__Instructions to follow__: Give every line of the records exactly, please, from the first up to and including the one containing "use std::sync::Mutex;".

- - - - - - -

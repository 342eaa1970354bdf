//! Contents taken out of their locks, at the end.
ghost use Rattle.std.specs.Prelude.{◌≡◌, ◌≤◌, ◌++◌, map, length, vec_len, vec_capacity};
ghost use Rattle.bq_history.specs.Items.{part_item};

use crate::Naming;
use crate::cell::AsPart;
use crate::commits::{History, HolderOf, LockedOf};
use crate::shared_state::World;
use std::sync::Mutex;

/// Takes the contents out of their locks into a vector, in any order. The vector must be empty and have room for them. One
/// holder gets their parts, in the order of the result. It takes no memory.
pub fn gather<A: AsPart<M::Part> + Drop, M: World, N: Naming>(
    history: &History<M, N>,
    all: &mut HolderOf<M, N>,
    locks: Vec<Mutex<LockedOf<A, M, N>>>,
    room: Vec<A>,
) -> Vec<A>
    requires room { (vec_len room ≡ 0) × (vec_len locks ≤ vec_capacity room) }
    ensures len { length result.items ≡ vec_len locks }
    ensures parts { all.new ≡ all.old ++ map (λ a. part_item (A.part a)) result.items }
{
    let mut locks = locks;
    let mut contents = room;
    while let Some(lock) = locks.pop() {
        let content = lock.into_inner().close(history, all);
        contents.push_reserved(content);
    }
    contents
}
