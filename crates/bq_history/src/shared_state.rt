//! What is shared: the history, the callers' receipts, and the world that the history leads to.
ghost use Rattle.std.specs.Prelude.{Bool, List};

use crate::Law;
use std::collections::LinkedList;
use std::marker::PhantomData;

/// Tells a caller the place of its record.
#[derive(Clone, Copy, Drop)]
pub struct Receipt<R> {
    pub place: u64,
    pub entry: R,
}

/// For contracts only, so no value exists at run time: what one holder knows.
pub enum Item<R, P, D> {
    /// The whole history, and what is kept beside it.
    Journal(LinkedList<R>, D),
    /// A caller's number and its receipts.
    Caller(u64, LinkedList<Receipt<R>>),
    /// A part of the world.
    Part(P),
}

/// What one holder knows of the world `M`.
pub type ItemOf<M> = Item<<M as World>::Record, <M as World>::Part, <M as World>::Kept>;

/// For contracts only, so no value exists at run time: all that is shared.
pub struct SharedState<R, W> {
    pub log: LinkedList<R>,
    pub lists: LinkedList<LinkedList<Receipt<R>>>,
    pub world: W,
}

/// What is fixed at the start: the setup of the world, and the number of callers.
#[derive(Drop)]
pub struct FixedAtStart<S> {
    pub setup: S,
    pub callers: u64,
}

/// A world that changes by steps.
pub trait World {
    /// The record of a step.
    type Record: Drop;
    /// The state of the world.
    type State;
    /// A part of the world.
    type Part;
    /// What the journal keeps of the world.
    type Kept: Drop;
    /// What of the world is fixed at the start.
    type Setup;

    // The world at the start.
    ghost opening: { Self.Setup → Self.State };

    // The step from the world before to the world after, with its record.
    ghost step: { Self.Setup → Self.State → Self.Record → Self.State → Type 0 };

    // What the journal keeps of the world.
    ghost kept: { Self.State → Self.Kept };

    // Whether two parts are at one place.
    ghost same: { Self.Part → Self.Part → Bool };

    // Whether the world has this part.
    ghost fits: { Self.State → Self.Part → Type 0 };

    // The parts at the start.
    ghost first: { Self.Setup → List Self.Part };
}

/// The law of a world with its history.
pub struct Recorded<M> {
    of: PhantomData<M>,
}

impl<M: World> Law<ItemOf<M>, SharedState<M::Record, M::State>, FixedAtStart<M::Setup>>
    for Recorded<M> {
    ghost use Rattle.bq_history.specs.Items.{same_item, fits_item, IsGood, first_items};

    ghost same = { same_item M.same };

    ghost good = { λ start t. IsGood (M.step start.setup) (M.opening start.setup) start.callers t };

    ghost fits = { fits_item M.kept M.fits };

    ghost first = { λ start. first_items (M.kept (M.opening start.setup)) (M.first start.setup) start.callers };
}
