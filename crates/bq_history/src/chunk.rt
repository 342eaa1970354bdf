//! Records for which room was made together.
ghost use Rattle.std.specs.Prelude.{◌≡◌, ◌<◌, IfOk, OnOk, [], ◌∷◌, ◌++◌, length, map, slice_get};
ghost use Rattle.std.specs.Option.{option_map};

use std::alloc::{AllocError, Global};
use std::marker::Model;

/// The number of records that a chunk has room for.
pub(crate) const CHUNK: u64 = 16;

/// Room for 16 records, and the records that are in it. Contracts see the list of those.
#[derive(Drop)]
pub struct Chunk<R: Drop> {
    records: Vec<R>,
}

impl<R: Drop> Model for Chunk<R> {
    ghost use Rattle.std.specs.Prelude.{◌≤◌, List, vec_capacity};

    ghost Value = { List R };

    ghost view = { λ c. c.records.items };

    ghost invariant = { λ c. 16 ≤ vec_capacity c.records };
}

impl<R: Drop> Chunk<R> {
    /// Room for 16 records, with none in it.
    pub(crate) fn new(alloc: Global) -> Result<Chunk<R>, AllocError>
        ensures { IfOk result (λ c. c ≡ []) }
    {
        let records = Vec::with_capacity(alloc, CHUNK as usize)?;
        Ok(Chunk { records })
    }

    /// Adds a record. It takes no memory.
    #[inline(always)]
    pub(crate) fn push(&mut self, entry: R)
        requires { length self.old < 16 }
        ensures { self.new ≡ self.old ++ entry ∷ [] }
    {
        self.records.push_reserved(entry);
    }

    /// The record at a place, counted from 0, or none if there are not that many.
    pub(crate) fn at(&self, place: u64) -> Option<&R>
        ensures { option_map (λ r. r.now) result ≡ slice_get self.now place }
    {
        self.records.get(place as usize)
    }

    /// Adds the records to the end of a list.
    pub(crate) fn list<'a>(&'a self, records: &mut Vec<&'a R>) -> Result<(), AllocError>
        ensures { OnOk result (map (λ r. r.now) records.new.items ≡ map (λ r. r.now) records.old.items ++ self.now) }
    {
        for entry in &self.records {
            records.push(entry)?;
        }
        Ok(())
    }
}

- - - - - - -

__Answer to the exercise__:
repository 342eaa1970354bdf
//! Contents taken out of their locks, at the end.
ghost use Rattle.std.specs.Prelude.{◌≡◌, ◌≤◌, ◌++◌, map, length, vec_len, vec_capacity};
ghost use Rattle.bq_history.specs.Items.{part_item};

use crate::Naming;
use crate::cell::AsPart;
use crate::commits::{History, HolderOf, LockedOf};
use crate::shared_state::World;
use std::sync::Mutex;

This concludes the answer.